§ **DATA TO USE**:
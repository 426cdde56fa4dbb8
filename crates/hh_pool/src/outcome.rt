//! What an analysis answers.

use hh_counters::{Heavy, Summary};
use hh_countmin::Table;
use thiserror::Error;

/// What an analysis of a stream comes to.
#[derive(Debug, Drop)]
pub struct Outcome {
    /// The pieces' Misra-Gries summaries, merged as the plan says.
    pub summary: Summary,
    /// The Count-Min table of the stream.
    pub table: Table,
    /// The keys above the threshold's share of the stream's total with their weights, by falling
    /// weight and then rising key.
    pub heavy: Vec<Heavy>,
}

/// Why there is no outcome.
#[derive(Clone, Copy, Debug, PartialEq, Eq, Error)]
pub enum RunError {
    /// The plan has another number of pieces than the cutting.
    #[error("the plan has another number of pieces than the cutting")]
    PlanMismatch,
    /// The allocator had no memory, or the system refused a thread.
    #[error("out of memory")]
    Memory,
}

§ **WORK REQUIRED**:
Every line in the records above with the string "Summary" in it should be shown.

§ **TASK ANSWER**:
use hh_counters::{Heavy, Summary};
    pub summary: Summary,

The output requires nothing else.